## Description of the task
After finding the line containing "body.now) session.old session.new (A.seen actor.old)" below, please output that line and each following one through the line containing "is NoMemory alone.", exactly as written.

** Extracted entries follows **

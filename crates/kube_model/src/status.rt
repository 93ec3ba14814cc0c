//! How a program ends.
ghost use Rattle.std.specs.Prelude.{◌≡◌, ◌++◌, IfOk, codes, decimal, string_bytes};
ghost use Rattle.kube_model.specs.Status.{lane_text, what_text, status_code, status_text};
ghost use Rattle.kube_model.specs.Status.{no_reply_text, is_done};

use crate::key::Key;
use crate::put::Put;
use mlb_base::{ByteList, NoMemory};
use std::alloc::Global;

/// Where lines come from.
#[derive(Clone, Copy)]
pub enum LaneName {
    /// The one input, or that of the replies.
    Input,
    Config,
    Service,
    Watch,
    Frame,
}

/// What has a limit.
#[derive(Clone, Copy)]
pub enum What {
    /// The bytes of a line.
    Line,
    /// The bytes of an input.
    Input,
    /// The services that are held.
    Services,
    /// The nodes that are held.
    Nodes,
}

/// How a program ended. Lines are numbered from 1.
#[derive(Drop)]
pub enum Status {
    Done,
    /// The words of the command line are invalid.
    Usage,
    /// The lane's file can't be opened.
    OpenFault {
        lane: LaneName,
    },
    ReadFault {
        lane: LaneName,
    },
    WriteFault,
    /// The line is no event that may stand in the lane.
    BadLine {
        lane: LaneName,
        number: u64,
        bytes: ByteList,
    },
    /// The line is no reply to the put before it.
    BadReply {
        number: u64,
        bytes: ByteList,
    },
    /// The input ended where a reply to this put was due.
    NoReply {
        put: Put,
    },
    /// More than the limit, up to this count.
    Limit {
        what: What,
        count: u64,
    },
    NoMemory,
}

impl LaneName {
    pub fn as_str(self) -> &'static str
        ensures { result.now ≡ lane_text self }
    {
        match self {
            LaneName::Input => "input",
            LaneName::Config => "config",
            LaneName::Service => "service",
            LaneName::Watch => "watch",
            LaneName::Frame => "frame",
        }
    }
}

impl What {
    pub fn as_str(self) -> &'static str
        ensures { result.now ≡ what_text self }
    {
        match self {
            What::Line => "line",
            What::Input => "input",
            What::Services => "services",
            What::Nodes => "nodes",
        }
    }
}

/// The text itself.
fn plain_text(alloc: Global, text: &str) -> Result<String, NoMemory>
    ensures { IfOk result (λ plain. string_bytes plain ≡ text.now) }
{
    Ok(String::from_str(alloc, text)?)
}

/// The text with the word after it.
fn text_with(alloc: Global, text: &str, word: &str) -> Result<String, NoMemory>
    ensures { IfOk result (λ both. string_bytes both ≡ text.now ++ word.now) }
{
    Ok(format!(in alloc; "{text}{word}")?)
}

fn open_fault_text(alloc: Global, lane: LaneName) -> Result<String, NoMemory>
    ensures { IfOk result (λ text. string_bytes text
        ≡ codes "cannot open the " ++ (lane_text lane ++ codes " lane")) }
{
    let lane = lane.as_str();
    Ok(format!(in alloc; "cannot open the {lane} lane")?)
}

fn bad_line_text(alloc: Global, number: u64, lane: LaneName) -> Result<String, NoMemory>
    ensures { IfOk result (λ text. string_bytes text
        ≡ codes "bad line " ++ (decimal number ++ (codes " on " ++ lane_text lane))) }
{
    let lane = lane.as_str();
    Ok(format!(in alloc; "bad line {number} on {lane}")?)
}

fn bad_reply_text(alloc: Global, number: u64) -> Result<String, NoMemory>
    ensures { IfOk result (λ text. string_bytes text
        ≡ codes "bad reply at line " ++ decimal number) }
{
    Ok(format!(in alloc; "bad reply at line {number}")?)
}

fn no_reply_text(alloc: Global, key: &Key) -> Result<String, NoMemory>
    ensures { IfOk result (λ text. string_bytes text ≡ no_reply_text key.now) }
{
    let namespace = key.namespace.as_str();
    let name = key.name.as_str();
    Ok(format!(in alloc; "no reply to the put of {namespace}/{name}")?)
}

impl Status {
    pub fn is_done(&self) -> bool
        ensures { result ≡ is_done self.now }
    {
        matches!(self, Status::Done)
    }

    /// The program's exit status.
    pub fn code(&self) -> u8
        ensures { result ≡ status_code self.now }
    {
        match self {
            Status::Done => 0,
            Status::Usage => 2,
            Status::OpenFault { .. } => 3,
            Status::ReadFault { .. } => 4,
            Status::WriteFault => 5,
            Status::BadLine { .. } => 6,
            Status::BadReply { .. } => 7,
            Status::NoReply { .. } => 8,
            Status::Limit { .. } => 9,
            Status::NoMemory => 10,
        }
    }

    /// One line without its end; nothing for what is done. Names stand as they are.
    pub fn text(&self, alloc: Global) -> Result<String, NoMemory>
        ensures { IfOk result (λ text. string_bytes text ≡ status_text self.now) }
    {
        match self {
            Status::Done => Ok(String::new(alloc)),
            Status::Usage => plain_text(alloc, "usage error"),
            Status::OpenFault { lane } => open_fault_text(alloc, *lane),
            Status::ReadFault { lane } => text_with(alloc, "read fault on ", lane.as_str()),
            Status::WriteFault => plain_text(alloc, "write fault"),
            Status::BadLine { lane, number, .. } => bad_line_text(alloc, *number, *lane),
            Status::BadReply { number, .. } => bad_reply_text(alloc, *number),
            Status::NoReply { put } => no_reply_text(alloc, &put.key),
            Status::Limit { what, .. } => text_with(alloc, "limit passed: ", what.as_str()),
            Status::NoMemory => plain_text(alloc, "out of memory"),
        }
    }
}
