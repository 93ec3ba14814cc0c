//! The keys of objects.
ghost use Rattle.std.specs.Prelude.{◌≡◌};

use crate::copies::copied;
use kube_labels::Text;
use mlb_base::{NoMemory, TryCopy};

/// What an object is known by among those of its kind. A kind without namespaces has the empty one.
/// Keys are ordered by namespace, then by name, both in byte order.
#[derive(Debug, PartialEq, Eq, PartialOrd, Ord, Hash)]
pub struct Key {
    pub namespace: Text,
    pub name: Text,
}

impl Drop for Key {
    fn drop(self) {
        let Key {
            namespace: _,
            name: _,
        } = self;
    }
}

impl Key {
    /// The name alone.
    pub fn into_name(self) -> Text
        ensures { result ≡ self.name }
    {
        let Key { namespace: _, name } = self;
        name
    }
}

impl TryCopy for Key {
    fn copy(&self) -> Result<Key, NoMemory> {
        let (namespace, name) = copied(&self.namespace, &self.name)?;
        Ok(Key { namespace, name })
    }
}
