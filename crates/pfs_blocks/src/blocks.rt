//! A block of a script in its session.

ghost use Rattle.std.specs.Prelude.{◌≡◌, ◌≤◌, ◌+◌, ◌++◌, ◌∷◌, List, [], false, IfSome, IfOk, OnOk, MatchOption, length};
ghost use Rattle.pfs_levels.specs.Views.{Used};
ghost use Rattle.pfs_law_plain.specs.LineSteps.{kinds_at};
ghost use Rattle.pfs_actor.specs.ActionAsks.{MayAct, MayConnect};
ghost use Rattle.pfs_play.specs.Errands.{LabelsName, NamesLines, StagesLie, kinds_after};
ghost use Rattle.pfs_play.specs.Needs.{Ready};
ghost use Rattle.pfs_runs.specs.ScriptLines.{changes_in, connect_changes};
ghost use Rattle.pfs_script.specs.Marks.{written_out};
ghost use Rattle.pfs_script.specs.declared.blocks.BlockLine.{BlockLine as Line};
ghost use Rattle.pfs_script.specs.declared.blocks.BlockLine.TheVariants as said;
ghost use Rattle.pfs_session.specs.SessionStates.{nothing_held};
ghost use Rattle.pfs_classes.specs.declared.setting.Setting.{Setting as Fixed};
ghost use Rattle.pfs_runs.specs.SelectAnswers.{Answer, connect_selections};
ghost use Rattle.pfs_law_script.specs.Course.{connecting};
ghost use Rattle.pfs_blocks.specs.BlockNeeds.{Within, need_of_block, need_to_end};
ghost use Rattle.pfs_blocks.specs.PlayedBlocks.{HasEnded, HasMet, HasPlayed, MayEnd};

use pfs_actor::Actor;
use pfs_classes::Setting;
use pfs_play::{NoMemory, play_written};
use pfs_script::{Block, BlockLine, Connect};
use pfs_session::{Paused, Session};
use pfs_text::Rowset;
use std::alloc::Global;

// Begins the block's lines, and connects the session where its block gives names.
fn connect_by<A: Actor>(session: &mut Session, actor: &mut A, names: Option<Connect>)
    requires named { LabelsName A.change session.old.state.number session.old.state.actions (connect_changes names) }
    requires may { IfSome names (λ connect. MayConnect session.old.state A.setting connect.user connect.host) }
    requires free { session.old.state.held ≡ nothing_held }
    requires acts { MayAct 5 6 (A.seen actor.old) session.old.journal }
    ensures did { (setting : Fixed) → (answers : List Answer) → HasMet setting A.setting A.change
        (connect_selections names) (connecting names) false session.old session.new answers answers
        (A.seen actor.old).reached (A.seen actor.new).reached }
    ensures rest { session.new.state ≡ record session.old.state {
      place = session.new.state.place;
      actions = session.new.state.actions;
      last = session.new.state.last;
    } }
    ensures actions { session.new.state.actions ≡ session.old.state.actions + length (connect_changes names) }
    ensures used { Used 5 0 6 (A.seen actor.old) (A.seen actor.new) session.old.journal
        session.new.journal }
{
    actor.pass(session.number());
    match names {
        Some(names) => actor.connect(session, names.user, names.host),
        None => {}
    }
}

// The lines before a quit, where one is the last.
fn before_quit(lines: &[BlockLine]) -> Option<&[BlockLine]>
    ensures { MatchOption result ((before : List Line) → lines.now ≡ before ++ said.Quit ∷ [] → ⊥)
        (λ before. lines.now ≡ before.now ++ said.Quit ∷ []) }
{
    match lines.split_last() {
        Some((last, before)) => match last {
            BlockLine::Quit => Some(before),
            _ => None,
        },
        None => None,
    }
}

// Plays lines, and then ends the session.
fn play_and_quit<A: Actor>(
    alloc: Global,
    setting: &Setting,
    session: &mut Session,
    actor: &mut A,
    answers: &mut Vec<Rowset>,
    body: &[BlockLine],
) -> Result<(), NoMemory>
    requires may { MayEnd session.old.state.opened.depth (kinds_at session.old.state)
        (body.now ++ said.Quit ∷ []) }
    requires named { NamesLines A.change session.old.state.number session.old.state.actions
        (written_out (body.now ++ said.Quit ∷ [])) }
    requires lie { StagesLie (kinds_at session.old.state) }
    requires wide { length session.old.state.held ≡ 193 }
    requires ready { Ready (need_to_end body.now) session.old (A.seen actor.old) }
    ensures did { OnOk result (HasEnded setting.now A.setting A.change (body.now ++ said.Quit ∷ []) session.old
        session.new answers.old.items answers.new.items (A.seen actor.old).reached (A.seen actor.new).reached) }
    ensures kinds { OnOk result (kinds_at session.new.state ≡ []) }
    ensures wide { OnOk result (length session.new.state.held ≡ 193) }
    ensures within { OnOk result (Within (need_to_end body.now) session.old session.new (A.seen actor.old)
        (A.seen actor.new)) }
{
    match play_written(alloc, setting, session, actor, answers, body) {
        Ok(()) => {
            actor.pass(session.number());
            actor.quit(session);
            Ok(())
        }
        Err(fault) => Err(fault),
    }
}

// Plays the lines of a block, and ends the session where the last line says so.
fn play_to_end<A: Actor>(
    alloc: Global,
    setting: &Setting,
    session: &mut Session,
    actor: &mut A,
    answers: &mut Vec<Rowset>,
    lines: &[BlockLine],
) -> Result<(), NoMemory>
    requires may { MayEnd session.old.state.opened.depth (kinds_at session.old.state) lines.now }
    requires named { NamesLines A.change session.old.state.number session.old.state.actions (written_out lines.now) }
    requires lie { StagesLie (kinds_at session.old.state) }
    requires wide { length session.old.state.held ≡ 193 }
    requires ready { Ready (need_to_end lines.now) session.old (A.seen actor.old) }
    ensures did { OnOk result (HasEnded setting.now A.setting A.change lines.now session.old session.new
        answers.old.items answers.new.items (A.seen actor.old).reached (A.seen actor.new).reached) }
    ensures kinds { OnOk result (kinds_at session.new.state ≡ kinds_after (kinds_at session.old.state)
        (written_out lines.now)) }
    ensures lie { OnOk result (StagesLie (kinds_at session.new.state)) }
    ensures wide { OnOk result (length session.new.state.held ≡ 193) }
    ensures within { OnOk result (Within (need_to_end lines.now) session.old session.new (A.seen actor.old)
        (A.seen actor.new)) }
{
    match before_quit(lines) {
        Some(body) => play_and_quit(alloc, setting, session, actor, answers, body),
        None => play_written(alloc, setting, session, actor, answers, lines),
    }
}

/// Plays a block of a script in its session: it connects where the block gives names, plays the lines, each repeat so
/// many times as it says, ends where the last line says so, and settles at the block's end what it still holds. The
/// answers of its SELECTs come behind the others. Err is NoMemory alone.
pub fn play_block<A: Actor>(
    alloc: Global,
    setting: &Setting,
    session: Session,
    actor: &mut A,
    answers: &mut Vec<Rowset>,
    block: &Block,
) -> Result<Paused, NoMemory>
    requires named { LabelsName A.change session.state.number session.state.actions (changes_in block.now) }
    requires connects { IfSome block.now.connect (λ connect. MayConnect session.state A.setting connect.user
        connect.host) }
    requires may { MayEnd session.state.opened.depth (kinds_at session.state) block.now.lines }
    requires lie { StagesLie (kinds_at session.state) }
    requires free { session.state.held ≡ nothing_held }
    requires ready { Ready (need_of_block block.now) session (A.seen actor.old) }
    ensures did { IfOk result (λ paused. HasPlayed setting.now A.setting A.change block.now session paused
        answers.old.items answers.new.items (A.seen actor.old).reached (A.seen actor.new).reached) }
    ensures kinds { IfOk result (λ paused. kinds_at paused.state ≡ kinds_after (kinds_at session.state)
        (written_out block.now.lines)) }
    ensures lie { IfOk result (λ paused. StagesLie (kinds_at paused.state)) }
    ensures free { IfOk result (λ paused. paused.state.held ≡ nothing_held) }
    ensures within { IfOk result (λ paused. Within (need_of_block block.now) session paused (A.seen actor.old)
        (A.seen actor.new)) }
{
    let mut session = session;
    connect_by(&mut session, actor, block.connect);
    match play_to_end(
        alloc,
        setting,
        &mut session,
        actor,
        answers,
        block.lines.as_slice(),
    ) {
        Ok(()) => Ok(actor.pause(session)),
        Err(fault) => Err(fault),
    }
}
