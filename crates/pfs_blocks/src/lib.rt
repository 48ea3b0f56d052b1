//! Blocks of a script, each played in its session, over any store that begins actions.
#![tactic(auto)]

mod blocks;

pub use crate::blocks::play_block;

** End of Extracted entries **

## Response box
    ensures within { OnOk result (Within (need_to_end body.now) session.old session.new (A.seen actor.old)
        (A.seen actor.new)) }
{
    match play_written(alloc, setting, session, actor, answers, body) {
        Ok(()) => {
            actor.pass(session.number());
            actor.quit(session);
            Ok(())
        }
        Err(fault) => Err(fault),
    }
}

// Plays the lines of a block, and ends the session where the last line says so.
fn play_to_end<A: Actor>(
    alloc: Global,
    setting: &Setting,
    session: &mut Session,
    actor: &mut A,
    answers: &mut Vec<Rowset>,
    lines: &[BlockLine],
) -> Result<(), NoMemory>
    requires may { MayEnd session.old.state.opened.depth (kinds_at session.old.state) lines.now }
    requires named { NamesLines A.change session.old.state.number session.old.state.actions (written_out lines.now) }
    requires lie { StagesLie (kinds_at session.old.state) }
    requires wide { length session.old.state.held ≡ 193 }
    requires ready { Ready (need_to_end lines.now) session.old (A.seen actor.old) }
    ensures did { OnOk result (HasEnded setting.now A.setting A.change lines.now session.old session.new
        answers.old.items answers.new.items (A.seen actor.old).reached (A.seen actor.new).reached) }
    ensures kinds { OnOk result (kinds_at session.new.state ≡ kinds_after (kinds_at session.old.state)
        (written_out lines.now)) }
    ensures lie { OnOk result (StagesLie (kinds_at session.new.state)) }
    ensures wide { OnOk result (length session.new.state.held ≡ 193) }
    ensures within { OnOk result (Within (need_to_end lines.now) session.old session.new (A.seen actor.old)
        (A.seen actor.new)) }
{
    match before_quit(lines) {
        Some(body) => play_and_quit(alloc, setting, session, actor, answers, body),
        None => play_written(alloc, setting, session, actor, answers, lines),
    }
}

/// Plays a block of a script in its session: it connects where the block gives names, plays the lines, each repeat so
/// many times as it says, ends where the last line says so, and settles at the block's end what it still holds. The
/// answers of its SELECTs come behind the others. Err is NoMemory alone.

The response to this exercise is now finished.